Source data
# # # # #
// The Executive: what each core set holds, and which job that is. A step of it takes several orders; the sets are looked at
// when it is over.
class Executive {
  constructor() {
    this.now = []; // what the sets hold, as the lines say
    this.settled = []; // the same after the last step
    this.jobs = []; // the job in each set
    this.open = []; // the bar of each set that has not ended
    this.rows = []; // the bars of each set
    this.idle = []; // the stretches in which set 0 holds no ready job
    this.idleFrom = null;
    this.used = { cycles: [], counts: [] };
    this.alive = new Map(); // how many jobs of a name there are
    this.names = new Map(); // of a name how many jobs began, and the most at a time
    this.changed = new Set();
    this.first = this.last = null;
  }

  change(cycle, set, words) {
    if (this.last !== null && (cycle - this.last > GAP || cycle - this.first > LONGEST_STEP)) this.settle();
    if (this.last === null) this.first = cycle;
    this.last = cycle;
    this.now[set] = readSet(words);
    this.changed.add(set);
  }

  // Ends a step: follows the jobs from set to set.
  settle() {
    if (this.last === null) return;
    const before = this.now.map((_, set) => this.settled[set] ?? null);
    const jobs = this.now.map((_, set) => this.jobs[set] ?? null);
    const after = this.follow(before, jobs);
    this.now.forEach((held, set) => { this.jobs[set] = held && (after[set] ?? this.begin(held)); });
    for (const job of jobs) if (job && !this.jobs.includes(job)) this.alive.set(job.name, this.alive.get(job.name) - 1);
    for (const job of this.jobs) if (job && !jobs.includes(job)) this.count(job);
    this.now.forEach((held, set) => this.draw(set, held, jobs[set]));
    this.drawIdle();
    this.used.cycles.push(this.last);
    this.used.counts.push(this.now.filter(Boolean).length);
    this.settled = [...this.now];
    this.changed.clear();
    this.first = this.last = null;
  }

  // Returns the job of each set after a step, or null for one that began in it. Set 0 may have changed places with another.
  follow(before, jobs) {
    const after = this.now.map((held, set) => (before[set] && held ? jobs[set] : null));
    if (!this.changed.has(0)) return after;
    const others = [...this.changed].filter((set) => set > 0);
    const moved = others.find((set) => before[set] && isSame(this.now[0], before[set]));
    if (moved !== undefined) {
      after[0] = jobs[moved];
      after[moved] = this.now[moved] && jobs[0];
      return after;
    }
    const [running, next] = [before[0], this.now[0]];
    const gone = others.find((set) => before[set] === null && this.now[set] && running && next && next.priority !== running.priority
      && this.now[set].priority === running.priority);
    if (gone !== undefined) [after[0], after[gone]] = [null, jobs[0]];
    return after;
  }

  // Begins a job, which has the name of its first place.
  begin(held) {
    const known = this.names.get(held.name) ?? { started: 0, most: 0, cycles: 0 };
    known.started += 1;
    this.names.set(held.name, known);
    return { name: held.name, number: known.started };
  }

  count(job) {
    const alive = (this.alive.get(job.name) ?? 0) + 1;
    this.alive.set(job.name, alive);
    const known = this.names.get(job.name);
    known.most = Math.max(known.most, alive);
  }

  // Ends the bar of a set, and begins another, if its job, its state or its priority changed.
  draw(set, held, job) {
    const open = this.open[set];
    this.rows[set] ??= [];
    if (open && held && job === this.jobs[set] && open.state === held.state && open.priority === held.priority) {
      open.then = held;
      return;
    }
    if (open) open.to = this.last;
    this.open[set] = held && { from: this.last, to: null, job: this.jobs[set], state: held.state, priority: held.priority, place: held, then: held };
    if (held) this.rows[set].push(this.open[set]);
  }

  drawIdle() {
    const isIdle = this.now[0]?.state !== 'READY';
    if (isIdle && this.idleFrom === null) this.idleFrom = this.last;
    if (!isIdle && this.idleFrom !== null) {
      this.idle.push({ from: this.idleFrom, to: this.last });
      this.idleFrom = null;
    }
  }

  end(cycle) {
    this.settle();
    for (const row of this.rows) for (const bar of row.slice(-1)) bar.to ??= cycle;
    if (this.idleFrom !== null) this.idle.push({ from: this.idleFrom, to: cycle });
  }
}

// The Waitlist: T3RUPT takes the first task off LST2, and all behind it move up.
class Waitlist {
  constructor() {
    this.now = Array(TASKS).fill('');
    this.before = null; // LST2 before what T3RUPT does next; null while it is not served
    this.calls = [];
  }

  change(cycle, number, text) {
    this.now[number] = text;
    if (this.before === null) return;
    if (this.before.slice(1).every((task, i) => task === this.now[i])) {
      const [address, banks, ...name] = this.before[0].split(' ');
      this.calls.push({ cycle, name: readName(name.join(' ')) || `${address} ${banks}` });
      this.before = [...this.now];
    } else if (this.hasNewTask()) {
      this.before = [...this.now];
    }
  }

  // Returns whether LST2 is what it was, with a task put in.
  hasNewTask() {
    const at = this.now.findIndex((task, i) => task !== this.before[i]);
    return at >= 0 && this.before.slice(at, TASKS - 1).every((task, i) => task === this.now[at + 1 + i]);
  }

  serve(name) {
    this.before = name === 'T3RUPT' ? [...this.now] : null;
  }
}

// Reads the lines of the run.
class Reader {
  constructor() {
    this.run = { rope: '', script: '', limit: '', from: 0, end: null, reason: '', slice: 1, marks: [], hits: [], alarms: [], services: [], stolen: new Map() };
    this.executive = new Executive();
    this.waitlist = new Waitlist();
  }

  read(text) {
    for (const line of text.split(LINE)) {
      const words = line.split(' ');
      if (words[0] >= '0' && words[0] <= '9~') this.readChange(Number(words[0]), words);
      else this.readAbout(words[0], line.slice(words[0].length + 1));
    }
    return this.run.end !== null;
  }

  readChange(cycle, words) {
    const { services } = this.run;
    const kind = words[1];
    if (kind === 'SET') {
      this.executive.change(cycle, Number(words[2]), words.slice(3));
    } else if (kind === 'LST2') {
      this.waitlist.change(cycle, Number(words[2]), words.slice(3).join(' '));
    } else if (kind === 'RUPT') {
      services.push({ from: cycle, to: null, name: words[2] });
      this.waitlist.serve(words[2]);
    } else if (kind === 'RESUME') {
      if (services.length) services.at(-1).to = cycle;
      this.waitlist.serve('');
    } else if (kind === 'MARK') {
      this.run.hits.push({ cycle, name: this.run.marks[Number(words[2])] });
    } else if (kind === 'ALARM') {
      this.run.alarms.push({ cycle, name: 'PROG' });
    } else if (kind === 'STOLEN') {
      this.run.stolen.set(cycle / this.run.slice, Number(words[2]));
    }
  }

  readAbout(word, rest) {
    const { run } = this;
    if (word === 'stop' || word === 'to') {
      run.end = Number(rest.split(' ')[0]);
      run.reason = rest.split(' ')[1] ?? '';
      for (const service of run.services.slice(-1)) service.to ??= run.end;
      this.executive.end(run.end);
    } else if (word === 'from' || word === 'slice') {
      run[word] = Number(rest);
    } else if (word === 'mark') {
      run.marks.push(readName(rest));
    } else if (word === 'rope' || word === 'script' || word === 'limit') {
      run[word] = readName(rest);
    }
  }
}

// Returns the number of rising values up to this one.
function countUpTo(values, value) {
  let low = 0;
  let high = values.length;
  while (low < high) {
    const middle = (low + high) >> 1;
    if (values[middle] <= value) low = middle + 1; else high = middle;
  }
  return low;
}

// A row of bars that do not overlap.
class Row {
  constructor(name, bars) {
    this.name = name;
    this.bars = bars;
    this.starts = Float64Array.from(bars, (bar) => bar.from);
    this.ends = Float64Array.from(bars, (bar) => bar.to);
    this.sums = new Float64Array(bars.length + 1); // the cycles of the bars before each
    bars.forEach((bar, i) => { this.sums[i + 1] = this.sums[i] + bar.to - bar.from; });
  }

  // Returns the bar at a cycle, if there is one.
  at(cycle) {
    const bar = this.bars[countUpTo(this.starts, cycle) - 1];
    return bar && cycle < bar.to ? bar : null;
  }

  // Returns how many cycles of the bars lie before a cycle.
  before(cycle) {
    const last = countUpTo(this.starts, cycle) - 1;
    return last < 0 ? 0 : this.sums[last] + Math.min(cycle, this.ends[last]) - this.starts[last];
  }

  // Returns how many cycles of the bars lie in a part of the run.
  within(from, to) {
    return this.before(to) - this.before(from);
  }
}

// A row of points in time.
class Ticks {
  constructor(name, ticks) {
    this.name = name;
    this.ticks = ticks;
    this.cycles = Float64Array.from(ticks, (tick) => tick.cycle);
  }

  // Returns the tick next to a cycle, if it is near.
  near(cycle, distance) {
    const after = countUpTo(this.cycles, cycle);
    const found = [this.ticks[after - 1], this.ticks[after]].filter((tick) => tick && Math.abs(tick.cycle - cycle) <= distance);
    return found.sort((one, other) => Math.abs(one.cycle - cycle) - Math.abs(other.cycle - cycle))[0] ?? null;
  }
}

// The cycles that counters took, by slices of time.
class Stolen {
  constructor(slice, counts, end) {
    this.slice = slice;
    this.sums = new Float64Array(Math.floor(end / slice) + 2);
    for (let i = 0; i + 1 < this.sums.length; i += 1) this.sums[i + 1] = this.sums[i] + (counts.get(i) ?? 0);
    this.most = 0;
    counts.forEach((count) => { this.most = Math.max(this.most, count / slice); });
  }

  // Returns the share of stolen cycles in the slices of a part of the run.
  share(from, to) {
    const first = Math.min(Math.floor(from / this.slice), this.sums.length - 2);
    const last = Math.min(Math.max(first + 1, Math.ceil(to / this.slice)), this.sums.length - 1);
    return (this.sums[last] - this.sums[first]) / ((last - first) * this.slice);
  }
}

const reader = new Reader();
const isRead = reader.read(find('jobs').textContent);
const { run, executive } = reader;
run.end ??= run.from;
const sets = executive.rows.map((bars, set) => new Row(`SET ${set}`, bars));
const idle = new Row('idle', executive.idle);
const services = new Row('interrupts', run.services.filter((service) => service.to !== null));
const tasks = new Ticks('tasks', reader.waitlist.calls);
const alarms = new Ticks('alarms', run.alarms);
const marks = new Ticks('marks', run.hits);
const stolen = new Stolen(run.slice, run.stolen, run.end);
const view = { from: run.from, to: Math.max(run.end, run.from + 1) };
# # # # #
**TASK REQUIREMENTS**. Could you write out exactly the lines above, starting at the first one and ending with the line that has "this.changed = new Set();"?

**TASK RESULT**.
// The Executive: what each core set holds, and which job that is. A step of it takes several orders; the sets are looked at
// when it is over.
class Executive {
  constructor() {
    this.now = []; // what the sets hold, as the lines say
    this.settled = []; // the same after the last step
    this.jobs = []; // the job in each set
    this.open = []; // the bar of each set that has not ended
    this.rows = []; // the bars of each set
    this.idle = []; // the stretches in which set 0 holds no ready job
    this.idleFrom = null;
    this.used = { cycles: [], counts: [] };
    this.alive = new Map(); // how many jobs of a name there are
    this.names = new Map(); // of a name how many jobs began, and the most at a time
    this.changed = new Set();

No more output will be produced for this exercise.